TASK DATA:

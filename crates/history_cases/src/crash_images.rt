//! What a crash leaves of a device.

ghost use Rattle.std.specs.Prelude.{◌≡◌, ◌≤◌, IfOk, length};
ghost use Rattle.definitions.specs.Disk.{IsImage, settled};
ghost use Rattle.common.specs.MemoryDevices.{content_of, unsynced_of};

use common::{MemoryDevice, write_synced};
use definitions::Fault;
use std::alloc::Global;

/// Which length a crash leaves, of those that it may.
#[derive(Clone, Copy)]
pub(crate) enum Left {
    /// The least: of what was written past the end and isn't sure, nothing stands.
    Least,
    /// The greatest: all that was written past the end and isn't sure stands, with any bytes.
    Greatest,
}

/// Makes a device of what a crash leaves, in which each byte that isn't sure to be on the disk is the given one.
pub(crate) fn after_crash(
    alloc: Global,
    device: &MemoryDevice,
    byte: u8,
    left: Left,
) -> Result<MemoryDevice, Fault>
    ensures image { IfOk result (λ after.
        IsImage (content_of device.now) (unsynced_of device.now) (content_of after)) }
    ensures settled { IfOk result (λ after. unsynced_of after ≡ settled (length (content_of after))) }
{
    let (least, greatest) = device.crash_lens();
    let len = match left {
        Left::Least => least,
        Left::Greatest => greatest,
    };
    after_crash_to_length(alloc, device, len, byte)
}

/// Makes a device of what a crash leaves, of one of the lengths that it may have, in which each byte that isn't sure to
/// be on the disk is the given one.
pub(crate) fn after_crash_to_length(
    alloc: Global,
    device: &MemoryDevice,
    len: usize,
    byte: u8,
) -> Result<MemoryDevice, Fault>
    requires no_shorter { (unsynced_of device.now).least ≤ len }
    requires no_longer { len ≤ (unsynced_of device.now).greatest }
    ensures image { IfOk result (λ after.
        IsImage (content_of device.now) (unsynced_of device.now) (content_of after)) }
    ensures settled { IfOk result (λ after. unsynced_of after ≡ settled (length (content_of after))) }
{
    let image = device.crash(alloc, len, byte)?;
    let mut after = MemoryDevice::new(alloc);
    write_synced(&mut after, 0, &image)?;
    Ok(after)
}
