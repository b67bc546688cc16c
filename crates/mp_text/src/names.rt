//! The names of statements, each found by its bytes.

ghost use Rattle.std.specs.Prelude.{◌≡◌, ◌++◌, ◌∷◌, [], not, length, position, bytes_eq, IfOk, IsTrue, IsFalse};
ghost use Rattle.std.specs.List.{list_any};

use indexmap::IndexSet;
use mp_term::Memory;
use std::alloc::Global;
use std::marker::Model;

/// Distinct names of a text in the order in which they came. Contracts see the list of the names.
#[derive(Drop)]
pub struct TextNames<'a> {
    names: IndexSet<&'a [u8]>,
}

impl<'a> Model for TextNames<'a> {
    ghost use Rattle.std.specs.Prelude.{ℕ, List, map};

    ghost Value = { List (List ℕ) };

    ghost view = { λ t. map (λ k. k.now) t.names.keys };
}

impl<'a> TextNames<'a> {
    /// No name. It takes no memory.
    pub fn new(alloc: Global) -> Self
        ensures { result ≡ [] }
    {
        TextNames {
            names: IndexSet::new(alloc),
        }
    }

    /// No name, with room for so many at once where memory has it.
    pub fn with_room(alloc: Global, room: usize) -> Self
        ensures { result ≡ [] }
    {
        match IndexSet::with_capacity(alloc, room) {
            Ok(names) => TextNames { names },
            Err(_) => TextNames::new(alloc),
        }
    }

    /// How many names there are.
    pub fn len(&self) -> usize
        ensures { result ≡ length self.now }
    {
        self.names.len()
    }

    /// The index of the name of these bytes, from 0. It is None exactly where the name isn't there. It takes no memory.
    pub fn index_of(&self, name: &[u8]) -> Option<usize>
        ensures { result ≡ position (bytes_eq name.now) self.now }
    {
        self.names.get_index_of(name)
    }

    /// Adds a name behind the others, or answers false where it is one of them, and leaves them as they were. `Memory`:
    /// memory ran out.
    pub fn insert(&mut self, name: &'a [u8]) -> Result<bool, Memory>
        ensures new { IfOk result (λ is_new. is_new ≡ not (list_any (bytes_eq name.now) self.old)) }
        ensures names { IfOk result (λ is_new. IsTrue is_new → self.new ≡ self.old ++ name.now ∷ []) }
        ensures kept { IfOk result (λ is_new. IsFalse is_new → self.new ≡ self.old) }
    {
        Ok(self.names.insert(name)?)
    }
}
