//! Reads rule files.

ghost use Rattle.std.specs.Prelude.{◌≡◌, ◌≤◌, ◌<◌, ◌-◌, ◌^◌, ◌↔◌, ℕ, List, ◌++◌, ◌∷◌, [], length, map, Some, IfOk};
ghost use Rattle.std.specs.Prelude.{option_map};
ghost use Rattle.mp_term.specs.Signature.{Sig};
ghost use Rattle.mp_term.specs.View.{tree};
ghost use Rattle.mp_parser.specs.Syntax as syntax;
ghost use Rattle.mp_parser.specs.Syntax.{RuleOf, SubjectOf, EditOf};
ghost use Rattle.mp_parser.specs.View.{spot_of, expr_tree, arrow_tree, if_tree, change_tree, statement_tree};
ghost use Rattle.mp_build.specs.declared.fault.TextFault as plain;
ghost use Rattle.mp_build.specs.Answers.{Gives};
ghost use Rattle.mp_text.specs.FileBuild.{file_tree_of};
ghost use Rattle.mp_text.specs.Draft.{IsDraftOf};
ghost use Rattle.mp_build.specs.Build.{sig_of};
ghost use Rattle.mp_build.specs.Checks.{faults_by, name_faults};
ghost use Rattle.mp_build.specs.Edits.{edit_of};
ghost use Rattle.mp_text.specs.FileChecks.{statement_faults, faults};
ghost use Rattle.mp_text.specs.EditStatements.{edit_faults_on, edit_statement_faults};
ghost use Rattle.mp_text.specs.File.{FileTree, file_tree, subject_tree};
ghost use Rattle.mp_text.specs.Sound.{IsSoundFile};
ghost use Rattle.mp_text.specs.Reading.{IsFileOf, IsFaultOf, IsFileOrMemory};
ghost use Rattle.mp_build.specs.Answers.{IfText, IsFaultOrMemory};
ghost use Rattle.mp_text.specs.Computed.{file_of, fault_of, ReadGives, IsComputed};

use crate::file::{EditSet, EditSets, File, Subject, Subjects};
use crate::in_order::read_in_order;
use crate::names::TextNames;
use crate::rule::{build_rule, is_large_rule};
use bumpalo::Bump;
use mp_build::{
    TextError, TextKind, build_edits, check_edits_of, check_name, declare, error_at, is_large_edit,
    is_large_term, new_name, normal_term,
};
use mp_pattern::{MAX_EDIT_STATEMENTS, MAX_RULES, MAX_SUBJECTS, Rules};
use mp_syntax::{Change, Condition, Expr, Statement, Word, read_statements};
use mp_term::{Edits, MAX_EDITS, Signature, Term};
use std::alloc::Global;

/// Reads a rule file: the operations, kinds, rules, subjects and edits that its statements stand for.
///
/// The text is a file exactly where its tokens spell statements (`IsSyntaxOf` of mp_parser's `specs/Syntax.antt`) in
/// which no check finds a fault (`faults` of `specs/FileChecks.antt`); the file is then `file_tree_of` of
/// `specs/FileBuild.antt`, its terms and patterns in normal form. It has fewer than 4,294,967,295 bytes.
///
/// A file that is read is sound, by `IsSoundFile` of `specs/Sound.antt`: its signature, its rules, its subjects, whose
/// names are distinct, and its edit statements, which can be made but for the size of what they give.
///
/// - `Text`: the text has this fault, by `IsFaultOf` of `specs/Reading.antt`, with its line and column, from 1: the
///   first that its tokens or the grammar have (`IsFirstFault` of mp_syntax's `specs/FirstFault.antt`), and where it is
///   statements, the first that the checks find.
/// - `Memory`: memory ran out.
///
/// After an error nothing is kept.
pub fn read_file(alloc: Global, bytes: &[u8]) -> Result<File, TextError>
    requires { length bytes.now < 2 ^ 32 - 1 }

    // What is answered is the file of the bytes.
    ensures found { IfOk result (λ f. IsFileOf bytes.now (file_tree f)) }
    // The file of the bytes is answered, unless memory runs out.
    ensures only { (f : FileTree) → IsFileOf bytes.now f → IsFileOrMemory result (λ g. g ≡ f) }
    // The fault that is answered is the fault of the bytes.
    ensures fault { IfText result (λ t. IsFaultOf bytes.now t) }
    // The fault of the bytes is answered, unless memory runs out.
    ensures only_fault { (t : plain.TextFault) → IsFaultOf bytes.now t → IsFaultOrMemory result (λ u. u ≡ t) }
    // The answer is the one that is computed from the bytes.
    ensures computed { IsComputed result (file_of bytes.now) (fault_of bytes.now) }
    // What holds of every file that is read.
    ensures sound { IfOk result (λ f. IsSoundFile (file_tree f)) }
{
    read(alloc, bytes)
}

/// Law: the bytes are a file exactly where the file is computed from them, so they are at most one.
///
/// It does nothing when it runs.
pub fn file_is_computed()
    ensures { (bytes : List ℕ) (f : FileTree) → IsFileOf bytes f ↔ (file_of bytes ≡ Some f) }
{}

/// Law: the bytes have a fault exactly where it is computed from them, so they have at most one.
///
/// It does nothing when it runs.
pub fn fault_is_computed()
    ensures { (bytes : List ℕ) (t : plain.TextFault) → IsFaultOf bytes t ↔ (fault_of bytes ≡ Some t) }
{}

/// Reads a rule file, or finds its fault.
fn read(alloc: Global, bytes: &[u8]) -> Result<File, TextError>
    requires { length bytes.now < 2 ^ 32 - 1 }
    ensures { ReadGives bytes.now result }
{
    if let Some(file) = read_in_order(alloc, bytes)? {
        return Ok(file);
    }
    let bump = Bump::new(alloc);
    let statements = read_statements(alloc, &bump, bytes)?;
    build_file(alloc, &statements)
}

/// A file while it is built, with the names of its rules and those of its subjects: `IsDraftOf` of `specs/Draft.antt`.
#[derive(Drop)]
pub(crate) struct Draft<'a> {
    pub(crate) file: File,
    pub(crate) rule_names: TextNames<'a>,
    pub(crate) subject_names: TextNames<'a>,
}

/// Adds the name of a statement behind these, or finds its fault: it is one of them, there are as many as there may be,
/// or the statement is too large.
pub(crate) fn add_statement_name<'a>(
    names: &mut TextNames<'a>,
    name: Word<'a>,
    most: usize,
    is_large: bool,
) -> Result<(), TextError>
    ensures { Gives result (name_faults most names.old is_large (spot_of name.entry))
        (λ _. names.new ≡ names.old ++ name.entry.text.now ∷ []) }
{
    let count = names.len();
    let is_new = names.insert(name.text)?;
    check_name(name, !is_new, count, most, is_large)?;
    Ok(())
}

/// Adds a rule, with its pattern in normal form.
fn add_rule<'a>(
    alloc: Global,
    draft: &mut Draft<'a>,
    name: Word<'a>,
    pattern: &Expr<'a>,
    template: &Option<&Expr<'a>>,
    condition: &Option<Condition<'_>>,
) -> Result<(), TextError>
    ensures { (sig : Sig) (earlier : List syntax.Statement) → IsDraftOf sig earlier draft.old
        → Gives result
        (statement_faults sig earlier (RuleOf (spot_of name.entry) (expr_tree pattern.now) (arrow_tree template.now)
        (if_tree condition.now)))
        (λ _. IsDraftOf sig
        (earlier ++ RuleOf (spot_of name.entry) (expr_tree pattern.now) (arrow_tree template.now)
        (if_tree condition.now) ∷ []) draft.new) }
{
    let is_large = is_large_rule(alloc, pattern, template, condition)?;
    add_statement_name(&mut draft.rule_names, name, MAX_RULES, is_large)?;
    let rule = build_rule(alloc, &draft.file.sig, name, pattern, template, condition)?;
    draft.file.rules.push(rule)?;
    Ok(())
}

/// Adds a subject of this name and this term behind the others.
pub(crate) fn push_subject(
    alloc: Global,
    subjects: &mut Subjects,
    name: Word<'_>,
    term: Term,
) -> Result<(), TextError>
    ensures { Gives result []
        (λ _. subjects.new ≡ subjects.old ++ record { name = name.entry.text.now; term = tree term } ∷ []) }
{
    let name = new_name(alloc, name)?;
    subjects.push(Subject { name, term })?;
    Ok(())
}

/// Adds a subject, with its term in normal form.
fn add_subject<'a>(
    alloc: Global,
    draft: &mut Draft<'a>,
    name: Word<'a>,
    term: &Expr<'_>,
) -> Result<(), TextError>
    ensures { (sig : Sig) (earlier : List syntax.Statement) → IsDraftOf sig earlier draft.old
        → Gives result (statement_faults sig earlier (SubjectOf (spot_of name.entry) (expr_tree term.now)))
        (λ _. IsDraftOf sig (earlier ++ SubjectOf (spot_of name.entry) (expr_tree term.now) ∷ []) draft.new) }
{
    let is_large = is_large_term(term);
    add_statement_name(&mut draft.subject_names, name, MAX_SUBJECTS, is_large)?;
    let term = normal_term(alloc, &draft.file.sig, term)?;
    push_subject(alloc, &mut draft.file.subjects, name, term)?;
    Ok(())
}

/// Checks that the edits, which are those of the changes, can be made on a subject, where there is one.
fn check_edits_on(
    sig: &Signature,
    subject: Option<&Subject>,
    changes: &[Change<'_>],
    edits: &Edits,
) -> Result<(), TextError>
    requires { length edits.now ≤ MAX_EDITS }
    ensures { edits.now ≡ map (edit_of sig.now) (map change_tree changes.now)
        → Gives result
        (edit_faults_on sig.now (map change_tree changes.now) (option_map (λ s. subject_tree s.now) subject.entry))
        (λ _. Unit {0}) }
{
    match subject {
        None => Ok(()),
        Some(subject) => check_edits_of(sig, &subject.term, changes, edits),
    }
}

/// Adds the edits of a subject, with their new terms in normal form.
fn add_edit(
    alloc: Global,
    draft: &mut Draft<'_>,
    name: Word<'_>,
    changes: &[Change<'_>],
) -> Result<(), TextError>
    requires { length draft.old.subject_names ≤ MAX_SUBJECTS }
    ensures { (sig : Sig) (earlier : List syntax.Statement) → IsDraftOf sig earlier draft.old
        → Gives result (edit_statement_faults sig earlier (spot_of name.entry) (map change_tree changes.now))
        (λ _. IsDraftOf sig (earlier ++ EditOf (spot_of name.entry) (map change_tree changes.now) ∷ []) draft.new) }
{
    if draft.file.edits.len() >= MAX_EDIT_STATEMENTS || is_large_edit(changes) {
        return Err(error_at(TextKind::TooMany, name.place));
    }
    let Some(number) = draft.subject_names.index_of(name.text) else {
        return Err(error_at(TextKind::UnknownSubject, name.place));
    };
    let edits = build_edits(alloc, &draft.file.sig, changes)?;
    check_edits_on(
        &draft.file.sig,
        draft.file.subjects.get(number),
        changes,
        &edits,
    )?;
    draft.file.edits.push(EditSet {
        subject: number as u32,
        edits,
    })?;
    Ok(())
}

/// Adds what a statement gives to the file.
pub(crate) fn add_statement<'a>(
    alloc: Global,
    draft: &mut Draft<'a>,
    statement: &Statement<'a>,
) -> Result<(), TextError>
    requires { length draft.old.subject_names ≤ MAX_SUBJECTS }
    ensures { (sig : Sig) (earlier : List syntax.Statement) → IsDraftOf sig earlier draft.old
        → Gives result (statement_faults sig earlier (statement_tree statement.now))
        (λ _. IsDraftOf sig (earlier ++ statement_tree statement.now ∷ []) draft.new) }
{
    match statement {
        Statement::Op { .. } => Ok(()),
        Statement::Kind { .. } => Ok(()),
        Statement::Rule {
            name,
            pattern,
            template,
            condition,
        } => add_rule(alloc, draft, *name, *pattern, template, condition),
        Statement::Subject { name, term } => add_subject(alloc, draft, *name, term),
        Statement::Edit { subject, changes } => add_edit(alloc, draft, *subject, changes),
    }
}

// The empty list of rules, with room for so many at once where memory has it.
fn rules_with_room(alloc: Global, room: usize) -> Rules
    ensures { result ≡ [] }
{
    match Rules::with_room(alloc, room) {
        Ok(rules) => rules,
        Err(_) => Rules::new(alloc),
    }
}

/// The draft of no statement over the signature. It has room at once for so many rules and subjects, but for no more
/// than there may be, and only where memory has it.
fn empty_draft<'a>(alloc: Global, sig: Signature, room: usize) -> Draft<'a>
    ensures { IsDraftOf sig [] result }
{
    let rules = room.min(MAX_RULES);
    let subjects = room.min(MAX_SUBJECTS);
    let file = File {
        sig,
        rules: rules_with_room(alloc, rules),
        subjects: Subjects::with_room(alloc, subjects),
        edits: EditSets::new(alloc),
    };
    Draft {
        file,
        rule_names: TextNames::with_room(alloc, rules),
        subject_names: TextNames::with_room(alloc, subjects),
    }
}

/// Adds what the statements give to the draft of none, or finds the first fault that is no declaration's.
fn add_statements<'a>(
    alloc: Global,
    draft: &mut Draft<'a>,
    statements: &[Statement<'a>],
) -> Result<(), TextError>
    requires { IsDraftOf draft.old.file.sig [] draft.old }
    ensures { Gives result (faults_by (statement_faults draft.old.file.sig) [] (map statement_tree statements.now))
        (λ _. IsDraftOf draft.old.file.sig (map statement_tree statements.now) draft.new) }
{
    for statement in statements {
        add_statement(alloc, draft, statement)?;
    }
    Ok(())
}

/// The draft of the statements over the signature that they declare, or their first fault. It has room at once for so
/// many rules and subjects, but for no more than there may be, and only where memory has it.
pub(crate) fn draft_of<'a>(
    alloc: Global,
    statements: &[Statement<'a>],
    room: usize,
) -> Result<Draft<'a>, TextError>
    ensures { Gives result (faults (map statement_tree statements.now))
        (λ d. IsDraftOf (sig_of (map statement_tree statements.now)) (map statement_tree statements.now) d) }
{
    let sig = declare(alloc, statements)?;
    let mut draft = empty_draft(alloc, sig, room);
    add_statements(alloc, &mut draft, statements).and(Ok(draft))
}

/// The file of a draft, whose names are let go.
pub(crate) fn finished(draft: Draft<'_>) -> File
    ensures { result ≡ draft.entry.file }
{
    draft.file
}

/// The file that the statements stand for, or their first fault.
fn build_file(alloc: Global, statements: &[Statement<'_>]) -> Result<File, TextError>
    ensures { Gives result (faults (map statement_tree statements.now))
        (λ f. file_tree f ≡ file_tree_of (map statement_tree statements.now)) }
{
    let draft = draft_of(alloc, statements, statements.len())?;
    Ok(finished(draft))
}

INSTRUCTIONS FOR THE TASK:
Retype only the lines above between the line with "from the bytes." and the line with "IsFaultOf bytes t", counting those two lines as well, and keep every character as it is.

TASK RESULT:
    // The answer is the one that is computed from the bytes.
    ensures computed { IsComputed result (file_of bytes.now) (fault_of bytes.now) }
    // What holds of every file that is read.
    ensures sound { IfOk result (λ f. IsSoundFile (file_tree f)) }
{
    read(alloc, bytes)
}

/// Law: the bytes are a file exactly where the file is computed from them, so they are at most one.
///
/// It does nothing when it runs.
pub fn file_is_computed()
    ensures { (bytes : List ℕ) (f : FileTree) → IsFileOf bytes f ↔ (file_of bytes ≡ Some f) }
{}

/// Law: the bytes have a fault exactly where it is computed from them, so they have at most one.
///
/// It does nothing when it runs.
pub fn fault_is_computed()
    ensures { (bytes : List ℕ) (t : plain.TextFault) → IsFaultOf bytes t ↔ (fault_of bytes ≡ Some t) }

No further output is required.